Look under* Forums - Community Forums - Shops, Jigs, Fixtures, & Tools*


----------



## jleiwig (Jan 12, 2010)

rlofton said:


> Look under* Forums - Community Forums - Shops, Jigs, Fixtures, & Tools*


 
Where do you think this post is exactly?


----------



## THarvey (Jan 12, 2010)

rlofton said:


> Look under* Forums - Community Forums - Shops, Jigs, Fixtures, & Tools*



There are a lot of great posts in the forums.

It might be nice to have a photo album dedicated to shop jigs and fixtures.  That way one could scan the photos for ideas.


----------



## jleiwig (Jan 12, 2010)

THarvey said:


> There are a lot of great posts in the forums.
> 
> It might be nice to have a photo album dedicated to shop jigs and fixtures. That way one could scan the photos for ideas.


 
That was kind of the point of this post! 
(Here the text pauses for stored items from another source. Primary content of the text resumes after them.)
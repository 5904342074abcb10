//! `pb check`: whether a proof of an instance is accepted, and what it shows.

ghost use Rattle.std.specs.Prelude.{◌≡◌, ◌<◌, ◌^◌, Err, Result, unwrap_or, IfOk, IfSome};
ghost use Rattle.pb_text.specs.meaning.Pulling.{OfGiven};
ghost use Rattle.pb_tool.specs.contract.Checked.{Checked};
ghost use Rattle.pb_tool.specs.contract.Given.{ChecksGiven};
ghost use Rattle.pb_tool.specs.meaning.Headline.{TrueOf, UnsatOf};
ghost use Rattle.pb_tool.specs.contract.Runs.{faults_of_instance, faults_of_proof};
ghost use Rattle.pb_tool.specs.contract.Seen.{SawInstance, SawProof};
ghost use Rattle.pb_tool.specs.meaning.Verified.{called, ChecksFiles};
ghost use Rattle.pb_tool.specs.contract.Watched.{IsWatched, IsWatchedGiven};

pub(crate) mod checker;
pub(crate) mod instance;
mod proof;
mod step;
mod verdict;
pub(crate) mod watch;

use crate::commands::check::instance::replay_of_instance;
use crate::commands::check::proof::check_proof;
use crate::commands::check::verdict::write_verdict;
use crate::commands::check::watch::{Unwatched, Watch};
use crate::fault::ToolFault;
use crate::laws::check::verified_is_true;
use pb_normal::HashKeys;
use pb_replay::Verdict;
use pb_text::{BYTE_LIMIT, Failed, Limits, Sink, Source};
use std::alloc::Global;

/// Reads an instance and then a proof of it, and checks each statement of the proof as soon as it
/// is complete. Then it writes what the proof shows: `verified UNSAT`, `verified SAT`,
/// `verified NONE` or `verified BOUNDS l u`, as one line. Only white space and comments may follow
/// the instance and the proof. Nothing is written before both were accepted.
///
/// `longest` is the maximum number of bytes of a statement, if there is such a limit. Names are
/// hashed with fixed keys: use `check_with_hasher` for files from untrusted sources.
pub fn check<I: Source, P: Source, W: Sink>(
    alloc: Global,
    instance: &mut I,
    proof: &mut P,
    out: &mut W,
    longest: Option<u64>,
    limits: Limits,
) -> Result<Verdict, ToolFault>
    requires { IfSome longest (λ n. 0 < n) }
    ensures checks { ChecksFiles limits (unwrap_or longest (2 ^ 40)) W.contents W.faults
        (called (I.left instance.old) (P.left proof.old) out.old result (I.left instance.new)
        (P.left proof.new) out.new) }
    // For any sources, files included: the result is right for the bytes that their calls have
    // given.
    ensures given { ChecksGiven limits (unwrap_or longest (2 ^ 40)) W.contents W.faults
        (called (I.history instance.old) (P.history proof.old) out.old result
        (I.history instance.new) (P.history proof.new) out.new) }
    // What a verdict says is true of the instance that was read. For UNSAT, no assignment solves
    // that instance.
    ensures unsat { result ≡ Ok Verdict.Unsat →
        UnsatOf limits (unwrap_or longest (2 ^ 40)) (I.left instance.old) (I.left instance.new) }
    ensures true_verdict { IfOk result (λ w. TrueOf limits (unwrap_or longest (2 ^ 40)) w
        (I.left instance.old) (I.left instance.new)) }
    ensures unsat_given { result ≡ Ok Verdict.Unsat →
        OfGiven (UnsatOf limits (unwrap_or longest (2 ^ 40))) (I.history instance.old)
        (I.history instance.new) }
    ensures true_given { IfOk result (λ w. OfGiven (TrueOf limits (unwrap_or longest (2 ^ 40)) w)
        (I.history instance.old) (I.history instance.new)) }
    // A rejected byte is the one that its source has shown. A text ends only if its source has
    // shown its end.
    ensures seen_instance { SawInstance (I.shown instance.new) (I.ended instance.new) result }
    ensures seen_proof { SawProof (P.shown proof.new) (P.ended proof.new) result }
    // `Read` comes only if the source of that input failed.
    ensures instance { I.faults instance.new ≡ faults_of_instance result (I.faults instance.old) }
    ensures proof { P.faults proof.new ≡ faults_of_proof result (P.faults proof.old) }
{
    check_with_hasher(
        alloc,
        HashKeys::Fixed,
        instance,
        proof,
        out,
        longest,
        limits,
    )
}

/// The same as `check`, with names hashed with these keys.
pub fn check_with_hasher<I: Source, P: Source, W: Sink>(
    alloc: Global,
    keys: HashKeys,
    instance: &mut I,
    proof: &mut P,
    out: &mut W,
    longest: Option<u64>,
    limits: Limits,
) -> Result<Verdict, ToolFault>
    requires { IfSome longest (λ n. 0 < n) }
    ensures { Checked I.Source P.Source W.Sink limits (unwrap_or longest (2 ^ 40))
        instance.old proof.old out.old result instance.new proof.new out.new }
{
    check_watched(
        alloc,
        keys,
        instance,
        proof,
        out,
        &mut Unwatched,
        longest,
        limits,
    )
}

/// The same, and the watch sees each statement of the proof.
pub fn check_watched<I: Source, P: Source, W: Sink, V: Watch>(
    alloc: Global,
    keys: HashKeys,
    instance: &mut I,
    proof: &mut P,
    out: &mut W,
    watch: &mut V,
    longest: Option<u64>,
    limits: Limits,
) -> Result<Verdict, ToolFault>
    requires { IfSome longest (λ n. 0 < n) }
    ensures checked { Checked I.Source P.Source W.Sink limits (unwrap_or longest (2 ^ 40))
        instance.old proof.old out.old result instance.new proof.new out.new }
    // The watch got a call for each statement that was taken, in order, with its span and the
    // replay after it. If a statement was rejected, the last call says so. It got no other call.
    ensures watched { IsWatched limits (unwrap_or longest (2 ^ 40)) V.got (I.left instance.old)
        (P.left proof.old) watch.old
        result (I.left instance.new) (P.left proof.new) watch.new }
    ensures watched_given { IsWatchedGiven limits (unwrap_or longest (2 ^ 40)) V.got
        (I.history instance.old) (P.history proof.old) watch.old
        result (I.history instance.new) (P.history proof.new) watch.new }
{
    verified_is_true();
    let longest = longest.unwrap_or(BYTE_LIMIT);
    let replay = match replay_of_instance(alloc, keys, instance, longest, limits) {
        Ok(replay) => replay,
        Err(fault) => return Err(fault),
    };
    let verdict = match check_proof(alloc, replay, proof, watch, longest) {
        Ok(verdict) => verdict,
        Err(fault) => return Err(fault),
    };
    match write_verdict(verdict, out) {
        Ok(()) => Ok(verdict),
        Err(Failed) => Err(ToolFault::Write),
    }
}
If you were a newbie would you know what to search for?  What terms to pull up a jig?  One post full of pictures and a small description would be very helpful.


----------



## THarvey (Jan 12, 2010)

jleiwig said:


> That was kind of the point of this post!
> 
> If you were a newbie would you know what to search for?  What terms to pull up a jig?  One post full of pictures and a small description would be very helpful.




I'm not a newbie and I don't know how to search for some things.  Some people call jigs by different names than I would.

I placed the idea in the suggestion box and linked this thread.


----------



## ribanett (Jan 12, 2010)

I think its a good idea.:biggrin:

We have all said to ourselves "I don't know what I'm lookng for, but I'll know it when I see it"


----------



## jleiwig (Jan 12, 2010)

ribanett said:


> I think its a good idea.:biggrin:
> 
> We have all said to ourselves "I don't know what I'm lookng for, but I'll know it when I see it"


 
As I age...I say that about a lot of things.  :biggrin:


----------



## Texatdurango (Jan 12, 2010)

I just sent Jeff a note requesting a "Tools and Jigs" photo album be created.

For those not familiar with the photo albums and how to add to or edit photos, here is are some screen shots put together to show how easy it is.

I actually put this image in the "Shop Shots" album just so everyone can see how it all works in case they are unfamiliar with the process.

*Edit:* Tim, I didn't see where you had put the idea in the suggestion box until after I posted this, Oh well, now Jeff will see it twice! :biggrin:


----------



## rjwolfe3 (Jan 12, 2010)

The only thing that concerns me is that will there be no explanations with photos only. I would rather there be one thread similar to the "how do you look" thread.


----------



## Texatdurango (Jan 12, 2010)

rjwolfe3 said:


> The only thing that concerns me is that will there be no explanations with photos only. I would rather there be one thread similar to the "how do you look" thread.


 
Rob, not so. If you visit the "Shop Shots" album you will see where I just added the image from my post above.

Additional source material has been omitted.